== BRIEF ==
All that is needed is every record, duplicated exactly.

Extracted data entries
%%
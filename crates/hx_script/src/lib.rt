//! Scripts: lines of requests and of workers' turns that are read from a source, made of a cluster, and answered to a sink.
//!
//! Each line that isn't empty and doesn't begin with `#` is answered. A request has one line: the HTTP status, a space and the body. So has a worker's turn, and a settle has two for each of its turns and one for its end.
#![tactic(auto)]

mod answer_line;
mod line;
mod order;
mod responder;
mod script;
mod serving;
mod turns;
mod words;
mod worker;

pub use script::{RunEnd, run_script};
pub use turns::{push_key, push_settled};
%%
== RESULT OF THE EXERCISE ==
filename crates/hx_script/src/lib.rt
//! Scripts: lines of requests and of workers' turns that are read from a source, made of a cluster, and answered to a sink.
//!
//! Each line that isn't empty and doesn't begin with `#` is answered. A request has one line: the HTTP status, a space and the body. So has a worker's turn, and a settle has two for each of its turns and one for its end.
#![tactic(auto)]

mod answer_line;
mod line;
mod order;
mod responder;
mod script;
mod serving;
mod turns;
mod words;
mod worker;

pub use script::{RunEnd, run_script};
pub use turns::{push_key, push_settled};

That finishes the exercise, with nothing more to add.